Based on the information in Table 11, finally, the causal diagram is drawn. Date set of (r + c, r  c) are mapped out onto two-dimension plane. Figure 2 shows the coordinates of criteria in two dimesion plane.

Fig. 2
figure 2

Causal diagram

It is apparent from this table that the criteria are separated into two categories based on the values of r − c. The first category is ‘cause group’ and the second category is denoted as ‘effect group’. The criteria in the ‘cause group’ are population size, consumption habits, human health and environmental health. On the other hand, the criteria in the ‘effect group’ are relative cost, socio-culture, public awareness, institutional, technical and operational and maintenance challenges. The causal diagram depicts the coordinates of all ten criteria of SWM where the four criteria in ‘cause group’ would influence the six criteria in ‘effect group’. The results indicate that consumer habit and population size are among the criteria in cause group where as Technical and operational maintainance are placed in effect group. The importance of criteria is determined based on the (r + c) values. It can be seen that ‘operational and maintenance challenges’ is the most important criteria in the effect group. All in all, the results of the empirical case provide evidence on the application of the proposed method.

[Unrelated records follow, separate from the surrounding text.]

//! A debugger that is told what to do line by line.
ghost use Rattle.std.specs.Prelude.{◌≡◌, []};
ghost use Rattle.prompt_words.specs.Memos.{no_memo};

use debugger::Debugger;
use prompt_words::{DisplayItem, Memo};
use std::alloc::Global;

/// A debugger at a prompt.
#[derive(Drop)]
pub struct Dialogue {
    /// The debugger.
    pub debugger: Debugger,
    /// What is kept in mind from line to line.
    pub memo: Memo,
    /// What is displayed after each move.
    pub displays: Vec<DisplayItem>,
}

impl Dialogue {
    /// Nothing was asked for yet.
    pub fn new(alloc: Global, debugger: Debugger) -> Dialogue
        ensures debugger { result.debugger ≡ debugger }
        ensures memo { result.memo ≡ no_memo }
        ensures displays { result.displays.items ≡ [] }
    {
        Dialogue {
            debugger,
            memo: Memo::new(),
            displays: Vec::new(alloc),
        }
    }
}
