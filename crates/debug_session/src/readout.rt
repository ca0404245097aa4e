//! What a display reads.
ghost use Rattle.std.specs.Prelude.{◌≡◌};
ghost use Rattle.debug_session.specs.Readouts.{now_of, was_of};

use breakpoints::{Reading, ValueOf};
use debugger::Debugger;
use sim_time::Time;

/// The state that a debugger shows, and the one before it that a display compares it with.
#[derive(Clone, Copy)]
pub(crate) struct Readout<'a> {
    /// The debugger.
    pub debugger: &'a Debugger,
    /// The moment of the state that the last move left, in nanoseconds, where that is compared.
    pub left: Option<Time>,
    /// The moment of the state that is shown, in nanoseconds.
    pub time: Time,
}

impl Readout<'_> {
    /// What is read of the state that is shown.
    pub(crate) fn now(&self, what: ValueOf) -> Reading
        ensures { result ≡ now_of self.now what }
    {
        self.debugger.read(self.time, what)
    }

    /// What was read of the one that it is compared with.
    pub(crate) fn was(&self, what: ValueOf) -> Reading
        ensures { result ≡ was_of self.now what }
    {
        match self.left {
            Some(time) => self.debugger.read_left(time, what),
            None => self.now(what),
        }
    }
}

The results obtained from the proposed method suggests that ‘operational and maintenance challenges’ is most influenced criteria. This result is not consistent with an empirical study conducted by Soroudi et al. [35] where ‘soil depth’ is the most influenced criteria. They utilised the DEMATEL and the analytical network process to determine interaction and weight of criteria of SWM. In another experiment, by using the DEMATEL method, Tseng [38] found that the criteria ‘natural resources’ is considered as the most influenced criteria. This result also differs from that of Abdullah et al. [2] who suggest that the criteria ‘political issues’ was selected as the most important criteria.

Conclusions

The DEMATEL provides a comprehensive tool and computationally feasible way in dealing with relationships between criteria of MCDM problems. The DEMATEL has been combined with IFS to address uncertain and vague information in solving MCDM problems. However, the combined IFS-DEMATEL fails to solve problems particularly on the cases where sum of two memberships is greater than one. To address this limitation, the PFS was proposed with the assumption that the linearity in two membership functions of IFS is now modified to the square functions. In this paper, the combination of DEMATEL and PFS has been proposed with three innovations. Firstly, two memberships of PHS were used to replace two linear membership functions of IFS. This combination entails newly defined linguistic variable, weights of experts and score function. The proposed PFS-DEMATEL shows some extent of advantages as the proposed MCDM method provides more obvious improvement in judgements where uncertainties are now expressed in squares of memberships. In other words, the PFS-DEMATEL creates a new perspective in solving MCDM problems where linguistic variables are defined by considering membership and non-membership of PFS. Another objective of this paper was to apply the proposed method in a SWM problem. Therefore, the proposed eleven-step DEMATEL method was computationally implemented to an empirical study in SWM. A group of experts were invited to assess the degree of influence among ten criteria of SWM using the seven-scale linguistic terms. The computational feasible method was successfully segregated the ten criteria into two categories of which four criteria included in cause group while six criteria are placed in effect group. The current study found that the criteria ‘operational and maintenance challenges’ is the most important criteria in solving SWM problem.